Friday, 29 September 2017

5 Reasons Why Inception is Postmodern


  1. Inception’s storyline is non linear, although the timeline throughout the story is. We understand the timeline that events occur in but the plot however sidetracks and then returns.
  2. Inception has an unreliable narrator, we are told everything we need to throughout the film in order to follow it except right at the end. The last we see Cobb is still underwater in the van and hasn’t woke up, yet we see him wake up on the plane without knowing how he woke up. We know they needed a specific kick to wake and we didn’t see him get that kick. He goes home to his kids but for all we know he could still be in one of the depthless dream layers - the unreliable narrator has compromised his job and not given their audience all they need to know and this has altered our perception.

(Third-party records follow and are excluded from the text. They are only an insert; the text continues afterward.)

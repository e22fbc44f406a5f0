//! From tables to an instance.

use crate::cells::Grid;
use crate::need::read_need;
use crate::refusal::ImportRefusal;
use crate::rules::RuleTable;
use crate::settings::read_settings;
use crate::types::TypeTable;
use shift_instance::{Instance, Parts};
use std::alloc::Global;

/// The files of the tables of an instance, as bytes.
#[derive(Clone, Copy, Drop)]
pub struct TableBytes<'a> {
    /// The table of settings.
    pub settings: &'a [u8],
    /// The table of needs.
    pub need: &'a [u8],
    /// The table of types.
    pub types: &'a [u8],
    /// The table of break rules, if there is one.
    pub rules: Option<&'a [u8]>,
}

/// The break rules of a table, if there is one.
fn rules_of(
    alloc: Global,
    grid: Grid,
    bytes: Option<&[u8]>,
) -> Result<Option<RuleTable>, ImportRefusal> {
    match bytes {
        Some(bytes) => Ok(Some(RuleTable::read(alloc, grid, bytes)?)),
        None => Ok(None),
    }
}

/// The instance that tables state.
///
/// The settings are read first, then the needs, the break rules and the types. In each table the first line is judged first, then each
/// line in turn whether it is a row, and then each row, cell by cell. The first refusal is answered, with the table, the row, the column,
/// what stands there and what may stand there.
pub fn imported(alloc: Global, tables: &TableBytes) -> Result<Instance, ImportRefusal> {
    let settings = read_settings(alloc, tables.settings)?;
    let bands = read_need(alloc, &settings, tables.need)?;
    let rules = rules_of(alloc, settings.grid, tables.rules)?;
    let types = TypeTable::read(alloc, tables.types)?;
    let parts = Parts {
        slot_minutes: settings.grid.slot_minutes,
        days: settings.days,
        need: bands.need,
        need_max: bands.need_max,
        max_heads: settings.max_heads,
        excess: settings.excess,
        shortage: settings.shortage,
        shift: settings.shift,
        types: types.kinds(alloc, settings.grid, rules.as_ref())?,
    };
    match Instance::new(alloc, parts) {
        Ok(instance) => Ok(instance),
        Err(fault) => Err(types.refusal_of(alloc, fault)),
    }
}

  3. It’s an ahistorical fabulation (invented story) where the environments are a bricolage) something created from diverse range of things) of several pastiches (art work from different sources to imitate), the dreams cannot be a real place they have to take parts of real world to construct it but the places cannot actually exist which gives the audience an inability to know what we know.

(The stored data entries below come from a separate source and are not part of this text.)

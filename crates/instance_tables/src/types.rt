//! Shift types, as a table has them.

use crate::cells::{Cell, Grid};
use crate::columns::{Column, Table};
use crate::refusal::{ImportRefusal, TableRefusal};
use crate::rules::{RuleTable, rule_in};
use crate::sheet::{Sheet, SheetRow};
use crate::why::Why;
use shift_instance::{InstanceFault, TypeParts};
use std::alloc::{AllocError, Global};
use std::str::from_utf8;

/// The most types.
const TYPES_MOST: usize = 16;

/// The shift types that a table states.
#[derive(Drop)]
pub(crate) struct TypeTable {
    sheet: Sheet,
}

/// A name as a text.
fn name_text(alloc: Global, name: &[u8]) -> Result<String, AllocError> {
    // names are visible ASCII
    String::from_str(alloc, from_utf8(name).unwrap_or(""))
}

/// The slot of the time that a cell spells, on the day of a duty or the day after.
fn start_in(alloc: Global, grid: Grid, cell: Cell) -> Result<u16, ImportRefusal> {
    let minutes = cell.minutes(alloc)?;
    let most = grid.day_slots.saturating_mul(2).saturating_sub(1);
    cell.slots(alloc, grid, minutes, 0, most)
}

/// The slots of the length that a cell spells.
fn length_in(alloc: Global, grid: Grid, cell: Cell) -> Result<u16, ImportRefusal> {
    let minutes = cell.minutes(alloc)?;
    cell.slots(alloc, grid, minutes, 1, grid.day_slots)
}

impl TypeTable {
    /// The shift types that a table states.
    pub(crate) fn read(alloc: Global, bytes: &[u8]) -> Result<TypeTable, ImportRefusal> {
        let sheet = Sheet::read(alloc, Table::Types, bytes)?;
        let _rows = sheet.rows(TYPES_MOST)?;
        Ok(TypeTable { sheet })
    }

    /// The number of the row, before a row, that has a name.
    fn named_before(&self, row: &SheetRow, name: &[u8]) -> Option<u64> {
        for before in self.sheet.every_row() {
            if before.number == row.number {
                return None;
            }
            let cell = self.sheet.cell(before, Column::Name);
            if table_records::unguarded(cell.text.as_bytes()) == name {
                return Some(before.number);
            }
        }
        None
    }

    /// The name of the type of a row, which no row before it has.
    fn name(&self, alloc: Global, row: &SheetRow) -> Result<String, ImportRefusal> {
        let cell = self.sheet.cell(row, Column::Name);
        let name = cell.name(alloc)?;
        match self.named_before(row, name) {
            Some(before) => Err(cell.refused(alloc, Why::Twice { row: before })),
            None => Ok(name_text(alloc, name)?),
        }
    }

    /// The type of a row.
    fn kind(
        &self,
        alloc: Global,
        grid: Grid,
        rules: Option<&RuleTable>,
        row: &SheetRow,
    ) -> Result<TypeParts, ImportRefusal> {
        let sheet = &self.sheet;
        Ok(TypeParts {
            name: self.name(alloc, row)?,
            start_min: start_in(alloc, grid, sheet.cell(row, Column::FirstStart))?,
            start_max: start_in(alloc, grid, sheet.cell(row, Column::LastStart))?,
            len_min: length_in(alloc, grid, sheet.cell(row, Column::Shortest))?,
            len_max: length_in(alloc, grid, sheet.cell(row, Column::Longest))?,
            rule: rule_in(alloc, rules, sheet.cell(row, Column::Rule))?,
        })
    }

    /// The types, from the first row on.
    pub(crate) fn kinds(
        &self,
        alloc: Global,
        grid: Grid,
        rules: Option<&RuleTable>,
    ) -> Result<Vec<TypeParts>, ImportRefusal> {
        let mut kinds = Vec::new(alloc);
        for row in self.sheet.every_row() {
            kinds.push(self.kind(alloc, grid, rules, row)?)?;
        }
        Ok(kinds)
    }

    /// The refusal of a cell of a type, by its number.
    fn refused(&self, alloc: Global, kind: u16, column: Column, why: Why) -> ImportRefusal {
        match self.sheet.every_row().get(usize::from(kind)) {
            Some(row) => self.sheet.cell(row, column).refused(alloc, why),
            None => ImportRefusal::Table(TableRefusal::of_table(Table::Types, why)),
        }
    }

    /// The refusal for a fault of the instance that the tables make.
    pub(crate) fn refusal_of(&self, alloc: Global, fault: InstanceFault) -> ImportRefusal {
        match fault {
            InstanceFault::NoMemory => ImportRefusal::NoMemory,
            InstanceFault::StartRange { kind } => {
                let other = Column::LastStart;
                self.refused(alloc, kind, Column::FirstStart, Why::Above { other })
            }
            InstanceFault::LengthRange { kind } => {
                let other = Column::Longest;
                self.refused(alloc, kind, Column::Shortest, Why::Above { other })
            }
            InstanceFault::TooManyShifts { found } => {
                let why = Why::TooManyShifts { found };
                ImportRefusal::Table(TableRefusal::of_table(Table::Types, why))
            }
            // all other faults were refused where their cells were read
            _ => ImportRefusal::Table(TableRefusal::of_table(Table::Types, Why::Instance)),
        }
    }
}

  4. Inception disconnects us from reality, we forget that we are in a dream with them until there are schizoid moments that reminds us - it destabilises reality. For example water floods a building that is several storeys up, or a street is bent back on itself, using mirrors to architect a street etc etc.
  5. It has strong simulations, for example Cobb’s representation of his wife that he made from his memories (which the audience sees kept in a heterocosm made of several depthless levels of his subconscious) eventually becomes more than the real thing. We see more of “memory Molly” in dreams than we do of “real Molly” in flashbacks.